I think I understand. “Does it wrap around,” meaning, is “higher” and “lower” only a spatial analogy, somewhat misleading? Here is what I think it means: Everything is all one thing not only in being all-connected, but in being non-hierarchical. If this is the meaning of his question, I’d say yes, although not intuitively obvious, that’s true. Reality isn’t divided into enlightened and unenlightened, king and pawn, superior and inferior, advanced and retarded – except in relation to any given point of view. Is this right, and am I reading the question right?
Yes and yes. This clarification may be important for some, and obvious for others. Reality, All That Is, isn’t divided into first class and cheap seats. It’s all one thing, as we keep saying. Reality is neither unorganized nor hierarchical. Instead, it is self-organizing and fluid; it is all one thing and at the same time it is segmented, or compartmentalized, or segregated, or organized in many ways at once, so that different ways of seeing it result in perception of different structures.

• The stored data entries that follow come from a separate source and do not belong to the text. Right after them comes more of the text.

//! Which workers have a notification in hand.

ghost use Rattle.std.specs.Prelude.{◌≡◌, ◌<◌, ◌∷◌, ◌||◌, List, false};
ghost use Rattle.std.specs.List.{list_all};
ghost use Rattle.hist_model.specs.Kinds.{skips};
ghost use Rattle.hist_model.specs.Legal.{started};
ghost use Rattle.hist_model.specs.Look.{ev};
ghost use Rattle.hist_model.specs.declared.event.Actor.TheVariants.{Worker};
ghost use Rattle.hist_model.specs.declared.event.Event.{Event};
ghost use Rattle.hist_model.specs.declared.script.Script.{Script};
ghost use Rattle.delay_bounded.specs.Circle.{all_in_hand, in_hand};
ghost use Rattle.explorer.specs.InHand.{full_after};

use hist_model::event::What;

/// Whether a worker has a notification in hand after its step.
fn full_after(full: bool, what: &What) -> bool
    ensures { result ≡ full_after full what.now }
{
    match what {
        What::Recv { answer: Ok(_) } => true,
        What::LetGo => false,
        _ => full,
    }
}

/// Whether all of these have a notification in hand.
fn are_full(full: &[bool]) -> bool
    ensures { result ≡ list_all (λ b. b) full.now }
{
    full.iter().all(|full| *full)
}

/// Of each of the workers 0 to 15 whether it has a notification in hand.
#[derive(Clone, Copy, Drop, Debug)]
pub(crate) struct Hands {
    full: [bool; 16],
}

impl Hands {
    ghost use Rattle.explorer.specs.InHand.{Tells};

    /// Before any step.
    pub(crate) fn empty() -> Hands
        ensures { (S : Script) → Tells (started S) result }
    {
        Hands { full: [false; 16] }
    }

    /// Whether a worker has a notification in hand, or all below it have.
    pub(crate) fn may_step(&self, worker: u8) -> bool
        requires { worker < 16 }
        ensures { (K : List Event) → Tells K self.now → result ≡ in_hand K worker || all_in_hand K worker }
    {
        let worker = worker as usize;
        self.full[worker] || are_full(&self.full[..worker])
    }

    /// Whether a worker has a notification in hand.
    pub(crate) fn is_full(&self, worker: u8) -> bool
        requires { worker < 16 }
        ensures { (K : List Event) → Tells K self.now → result ≡ in_hand K worker }
    {
        self.full[worker as usize]
    }

    /// A worker took this step.
    pub(crate) fn note(&mut self, worker: u8, what: &What)
        requires worker { worker < 16 }
        requires steps { skips what.now ≡ false }
        ensures { (K : List Event) → Tells K self.old → Tells (ev (Worker worker) what.now ∷ K) self.new }
    {
        let worker = worker as usize;
        self.full[worker] = full_after(self.full[worker], what);
    }
}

You once gave us the analogy of the interior of a crystal, looking one way when a laser shines through it from one direction, and different when shined through differently. Each angle of vision illumines different relationships that exist always but are not necessarily always evident.
You see the limitations of analogy. Words are more fluid than objects, but nonetheless far more static and unresponsive than are the realities they are used to try to capture. Images are somewhat more supple than words alone, but are also too static, too defined, to capture the quicksilver-like nature of the reality they attempt to reflect. Even the simultaneous overlapping of images cannot do it justice. If you were not intuitive beings, in touch with your non-3D natures, you would have no hope of grasping any of it.
Think perhaps of the ongoing process represented by kneading dough. The outside becomes the inside. Neighboring particles become separated; unmixed portions become part of other previously separate pieces. Not the dough, but the process of kneading, is the analogy. A change of angle of viewing will show entirely different relationships that are no less and no more true. There is no one way of seeing things; there is only every way, and this of course no one in 3D can ever stretch to encompass.